Отправлено 09 Октябрь 2011 - 13:59

    В 1817 г., 25-го Августа, произвели меня в офицеры и назначили в 19-ю артиллерийскую бригаду, в 37-ю легкую роту 2. Обмундировали нас на казенный счет весьма экономически; эполеты были кованные медные, этишкеты на кивере и шарф нитяные, сукно, рубашки и чулки полу-офицерские, полу-солдатские, и каждому единовременно выдали по 200 р. ассигнациями, кроме прогонных денег.
    Я поступил под 26-ти летнего полковника Б., героя 1812 года, кавалера ордена Св. Георгия 4-й ст. за храбрость, человек образованного, благоразумного и в полном смысле красавца. Он принял меня как сына, обласкал и поручил одному из старших офицеров устроить мое жительство в Георгиевске, где квартировала 37-я батарейная рота, к которой полковник Б. прикомандировал меня, чтоб иметь личный надзор за только что выпущенным из корпуса 17-ти летним офицером; 37-я же легкая рота, в которую я был назначен высочайшим приказом, расположена была в г. Моздоке, в 115-ти верстах от г. Георгиевска. Образ жизни нашей в Георгиевске был следующий.
    После служебных занятий мы все, наличные офицеры, обязаны были ежедневно являться к полковнику и оставаться в его квартире целый день: у него мы завтракали, обедали, пили чай и ужинали. Он все время находился с нами. Играли в шашки, в шах и мат и в прочие подобные игры, читали разные книги, а кто умел играть на гитаре — учил других; а иногда полковник заставлял нас танцевать; кто же не умел, тех учили другие. Словом, под надзором полковника мы находились в наилучшем учебном отеческом пансионе. Он нас экзаменовал, заставлял рисовать, чертить и задавать друг другу математические задачи.
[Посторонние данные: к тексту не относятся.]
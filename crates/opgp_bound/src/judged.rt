//! The packets of a certificate, borrowed, and what each is there for.

use crate::role::Role;
use opgp_keyring::Member;
use std::marker::Model;

/// A packet on a key or a component, and what it is there for.
#[derive(Drop)]
pub(crate) struct Judged<'a> {
    pub(crate) member: Member<'a>,
    pub(crate) role: Role,
}

impl<'a> Model for Judged<'a> {
    ghost use Rattle.opgp_keyring.specs.Member.{member_packet};
    ghost use Rattle.opgp_bound.specs.Judged.{JudgedValue};

    ghost Value = { JudgedValue };

    ghost view = { λ j. record { packet = member_packet j.member; role = j.role } };
}

/// A user ID, an attribute or a subkey, whether that made a good revocation, and the packets on it.
#[derive(Drop)]
pub(crate) struct JudgedComponent<'a> {
    pub(crate) head: Member<'a>,
    pub(crate) is_issuer: bool,
    pub(crate) hangs: Vec<Judged<'a>>,
}

impl<'a> Model for JudgedComponent<'a> {
    ghost use Rattle.opgp_keyring.specs.Member.{member_packet};
    ghost use Rattle.opgp_bound.specs.Judged.{JudgedComponentValue};

    ghost Value = { JudgedComponentValue };

    ghost view = { λ c. record {
      head = member_packet c.head;
      is_issuer = c.is_issuer;
      hangs = c.hangs.items;
    } };
}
Когда он оставался кем доволен, составлял для тех кавалькаду, в которой участвовал сам. Он выписывал из Москвы всем нам обмундировку, так что все офицеры были и хорошо и щегольски одеты. Стоимость же обмундировки он вычитал из жалованья каждого, и потому обмундировка обходилась нам очень дешево. Все следуемые нам деньги отдавал на руки, при чем давал каждому расходную книжку за своею скрепою и требовал по временам показывать ему расход наших денег, при чем, кого бранил, кого хвалил, судя по благоразумию расхода. Результатом такого отеческого наблюдения было, что у каждого из нас от жалованья до жалованья хотя немного, но деньги оставались. Получали мы в год 270 р. жалованья ассигнациями, следовательно 90 рублей в-треть. Он научал нас бережливости. Правда, что стол нам ничего не стоил, так как полковник поил и кормил нас на свой счет. Водку перед обедом пить прапорщикам не дозволял; она дозволялась с производством в подпоручики. В старинные времена вообще водилось, что офицеры всегда столовали у командиров.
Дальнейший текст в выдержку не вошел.